1. AMS1117-5.0 is added to provide 5V power for the board
2. A zener diode is added on Pico power pin( you can look for the detail on pico guide book)
3. a 10K pullup resistor is added on all the microswitch
4. hx711 and the surrounding circuits is added for detection stability

You can download GERBER and NCDrill File here and manufacture the pcb by yourselves. The SCH and BOM files are also published at the same github repository.You can download GERBER and NCDrill File here and manufacture the pcb by yourselves. The SCH and BOM files are also published at the same github repository. Some wires needed to be custom-made for connection. I used XH2.5 and SM2.54 connectors for the project.

Notes: You can choose ready-made hx711 modules or custom-designed hx711, which was layouted on the PCB board. Make sure the hx711 was tuned to 80Hz. I specially recommended sparkfun hx711 module because of its stability.
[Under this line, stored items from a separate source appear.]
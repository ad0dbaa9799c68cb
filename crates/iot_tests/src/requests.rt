//! Requests and replies, as they were written by hand.
ghost use Rattle.std.specs.Prelude.{IfOk, OnOk};
ghost use Rattle.iot_backup.specs.Parts.{IsThere};
ghost use Rattle.iot_server.specs.Servers.{IsSynced, second_of};
ghost use Rattle.iot_store.specs.Standing.{EachStarts};

use iot_backup::TwinFault;
use iot_disk::{Disk, MemDisk, Pick};
use iot_server::{Server, ServerFault, StartFault, Traffic};
use std::alloc::Global;
use std::process::Abort;
use std::test::Fail;

/// Client 0 asks that its transaction 1 be committed, which found nothing at `/d` and a directory at `/`, and made one at `/d`.
const COMMIT: &[u8] =
    b"\x02\0\0\0\0\0\0\0\0\0\0\0\0\0\0\0\x01\0\0\0\0\0\0\0\x01e\0\0\0\0\0\0\x10\0\x01\0\0\0\0\0\0\0\0\
    \0\0\0\0\0\0\0\x02\
    \x01\0\0\0\0\0\0\0\x01\0\0\0\0\0\0\0\x01d\x02\0\0\0\0\0\0\0\x01\
    \x01\0\0\0\0\0\0\0\0\x03\0\0\0\0\0\0\0\x02\
    \0\0\0\0\0\0\0\x01\x02\0\0\0\0\0\0\0\x01\0\0\0\0\0\0\0\x01d\0\0\0\0\0\0\0\0";

/// The same of its transaction 2.
const LATE: &[u8] =
    b"\x02\0\0\0\0\0\0\0\0\0\0\0\0\0\0\0\x02\0\0\0\0\0\0\0\x01e\0\0\0\0\0\0\x10\0\x01\0\0\0\0\0\0\0\0\
    \0\0\0\0\0\0\0\x02\
    \x01\0\0\0\0\0\0\0\x01\0\0\0\0\0\0\0\x01d\x02\0\0\0\0\0\0\0\x01\
    \x01\0\0\0\0\0\0\0\0\x03\0\0\0\0\0\0\0\x02\
    \0\0\0\0\0\0\0\x01\x02\0\0\0\0\0\0\0\x01\0\0\0\0\0\0\0\x01d\0\0\0\0\0\0\0\0";

/// Client 1 knows `/` with stamp 1, and wants nothing else.
const REFRESH: &[u8] = b"\x01\0\0\0\0\0\0\0\x01\
    \0\0\0\0\0\0\0\x01\0\0\0\0\0\0\0\0\0\0\0\0\0\0\0\x01\x01";

/// The root, which has stamp 2 now, and the far directory `/d`. Nothing is gone.
const OBJECTS: &[u8] = b"\x01\0\0\0\0\0\0\0\x02\0\0\0\0\0\0\0\0\x01\0\0\0\0\0\0\0\x02\
    \0\0\0\0\0\0\0\x01\0\0\0\0\0\0\0\x01d\x03\0\0\0\0\0\0\0\0\
    \0\0\0\0\0\0\0\0";

/// Client 1 knows `/` with stamp 2.
const AGAIN: &[u8] = b"\x01\0\0\0\0\0\0\0\x01\
    \0\0\0\0\0\0\0\x01\0\0\0\0\0\0\0\0\0\0\0\0\0\0\0\x02\x01";

/// Nothing is new, and nothing is gone.
const NOTHING: &[u8] = b"\x01\0\0\0\0\0\0\0\0\0\0\0\0\0\0\0\0";

const COMMITTED: &[u8] = b"\x02\0\0\0\0\0\0\0\x01";

const ALREADY: &[u8] = b"\x03\0\0\0\0\0\0\0\x01";

/// The first read differs: a directory is there now.
const CONFLICT: &[u8] = b"\x04\0\0\0\0\0\0\0\x01\x03";

/// A server that is started after a restart.
pub(crate) fn started<D: Disk + Drop>(alloc: Global, mut disk: D) -> Result<Server<D>, StartFault>
    ensures { IfOk result (λ server. IsSynced D.medium server) }
{
    disk.restart();
    match Server::start(alloc, disk) {
        Ok(server) => Ok(server),
        Err((_, fault)) => Err(fault),
    }
}

/// A server over two disks that is started after a restart of both.
fn started_on_both<D: Disk + Drop>(
    alloc: Global,
    mut first: D,
    mut second: D,
) -> Result<Server<D>, TwinFault>
    requires { EachStarts (D.medium.may_leave first) (D.medium.may_leave second) }
    ensures synced { IfOk result (λ server. IsSynced D.medium server) }
    ensures pair { IfOk result (λ server. IsThere (second_of server)) }
{
    first.restart();
    second.restart();
    match Server::start_pair(alloc, first, second) {
        Ok(server) => Ok(server),
        Err((_, _, fault)) => Err(fault),
    }
}

/// The server answers the request with this reply.
pub(crate) fn answers<D: Disk>(
    rt: &impl Abort,
    alloc: Global,
    server: &mut Server<D>,
    request: &[u8],
    reply: &[u8],
) -> Result<(), Fail>
    requires { IsSynced D.medium server.old }
    ensures { OnOk result (IsSynced D.medium server.new) }
{
    assert_eq!(rt; server.handle(alloc, request)?.as_slice(), reply);
    Ok(())
}

/// A new server is asked to commit, and then for what it holds.
fn answers_each<D: Disk>(rt: &impl Abort, alloc: Global, server: &mut Server<D>) -> Result<(), Fail>
    requires { IsSynced D.medium server.old }
{
    answers(rt, alloc, server, COMMIT, COMMITTED)?;
    answers(rt, alloc, server, COMMIT, ALREADY)?;
    answers(rt, alloc, server, LATE, CONFLICT)?;
    answers(rt, alloc, server, REFRESH, OBJECTS)?;
    answers(rt, alloc, server, AGAIN, NOTHING)?;
    let bad = server.handle(alloc, b"\x04");
    assert!(rt; matches!(bad, Err(ServerFault::Malformed { at: 0 })));
    let traffic = Traffic {
        requests: 5,
        received: 458,
        sent: 105,
    };
    assert_eq!(rt; server.traffic(), traffic);
    assert_eq!(rt; server.store().number(), 1);
    Ok(())
}

#[test]
fn each_request_has_its_reply(rt: HostRuntime) -> Result<(), Fail> {
    let alloc = rt.alloc();
    let mut server = started(alloc, MemDisk::new(alloc))?;
    answers_each(&rt, alloc, &mut server)
}

/// The server that starts from this disk has the commit.
fn has_the_commit<D: Disk + Drop>(rt: &impl Abort, alloc: Global, disk: D) -> Result<(), Fail> {
    let mut server = started(alloc, disk)?;
    answers(rt, alloc, &mut server, COMMIT, ALREADY)
}

/// A server's disk fails at this call of a commit. The server starts again.
pub(crate) fn stopped_in<D: Disk + Drop>(
    rt: &impl Abort,
    alloc: Global,
    disk: D,
    commit: &[u8],
    calls: u64,
    pick: Pick,
) -> Result<Server<D>, StartFault>
    ensures { IfOk result (λ server. IsSynced D.medium server) }
{
    let mut server = started(alloc, disk)?;
    server.arm(false, calls, pick);
    let stopped = server.handle(alloc, commit);
    assert!(rt; matches!(stopped, Err(ServerFault::Stopped)));
    started(alloc, server.into_disks().0)
}

/// The server's disk fails at this call of the commit. The server starts again, and is asked again.
fn stops_in_a_commit<D: Disk + Drop>(
    rt: &impl Abort,
    alloc: Global,
    disk: D,
    calls: u64,
    pick: Pick,
) -> Result<(), Fail> {
    let mut server = stopped_in(rt, alloc, disk, COMMIT, calls, pick)?;
    let kept = calls > 2 && pick != Pick::Old;
    assert_eq!(rt; server.store().number(), u64::from(kept), "call {calls}");
    let reply = if kept { ALREADY } else { COMMITTED };
    answers(rt, alloc, &mut server, COMMIT, reply)
}

#[test]
fn a_commit_is_kept_or_lost(rt: HostRuntime) -> Result<(), Fail> {
    let alloc = rt.alloc();
    for calls in 1..5 {
        for pick in [Pick::Old, Pick::New, Pick::Fill(165)] {
            stops_in_a_commit(&rt, alloc, MemDisk::new(alloc), calls, pick)?;
        }
    }
    Ok(())
}

/// A disk of the server fails as it answers the request. The server starts again, from both disks.
fn fails_in<D: Disk + Drop>(
    alloc: Global,
    mut server: Server<D>,
    request: &[u8],
) -> Result<Server<D>, Fail>
    requires { IsSynced D.medium server }
    ensures { IfOk result (λ it. IsSynced D.medium it) }
{
    if server.handle(alloc, request).is_ok() {
        return Err(Fail::new("no disk failed"));
    }
    let (first, second) = server.into_disks();
    let Some(second) = second else {
        return Err(Fail::new("there is no backup"));
    };
    Ok(started_on_both(alloc, first, second)?)
}

/// The backup fails at this call of the commit. The first disk has the record then, and a start from both disks brings the backup up. So
/// the server goes on from the backup alone.
fn stops_on_the_backup<D: Disk + Drop>(
    rt: &impl Abort,
    alloc: Global,
    mut server: Server<D>,
    calls: u64,
    pick: Pick,
) -> Result<(), Fail>
    requires synced { IsSynced D.medium server }
    requires pair { IsThere (second_of server) }
{
    server.arm(true, calls, pick);
    let server = fails_in(alloc, server, COMMIT)?;
    assert_eq!(rt; server.store().number(), 1);
    let (_first, backup) = server.into_disks();
    has_the_commit(rt, alloc, backup.ok_or("there is no backup")?)
}

#[test]
fn a_commit_goes_on_from_the_backup(rt: HostRuntime) -> Result<(), Fail> {
    let alloc = rt.alloc();
    for calls in 1..5 {
        for pick in [Pick::Old, Pick::New, Pick::Fill(165)] {
            let server = started_on_both(alloc, MemDisk::new(alloc), MemDisk::new(alloc))?;
            stops_on_the_backup(&rt, alloc, server, calls, pick)?;
        }
    }
    Ok(())
}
I got some wood plates and a 12V DC adaptor from my brother for free, which I could use as the platform. My design was composed of two layers. First layer contained the DC 5.1 jack, the main switch, and the DM542C stepper motor driver. I soldered a switch and a DC 5.1 jack and installed them on the right side of the base plates.

Second layer contained a customed PCB board, stack up with a 2004 LCD on the top. 

Two limit switches, a front switch and a rear switch, were installed on the linear guideway. I first soldered it with a pair of wires, came with an SM2.54 2-pin male connector, and further glued the switches with epoxy resin.

Another limit switch was installed on the 2086 tension head, witch acted as the start and stop button when tensioning.

The Schematic diagram of the project can also be found on the github here.

Thanks to PicoBETH for providing the diagram. I strongly recommend you to try everything on breadboards first if you are not familiar with the schematics. 

If everything is installed properly, then we can try powering it for the first time!

Before we start to string our badminton racket, Several things should be done first, which included:

1. HX711 Stability Test
2. Motion and Electrical Components Test
3. Tension Calibration
4. Parameter Fine-Tuning

The following steps of the function test can be found here: PicoBETH. Thanks to PicoBETH for providing usage guidelines.

Notes: The latest software, ver 1.9.9, contained hx711 examination and funtioning test when powering for the first time.

If everything is installed and worked properly, then we can try your DIY badmintion stringing for the first time!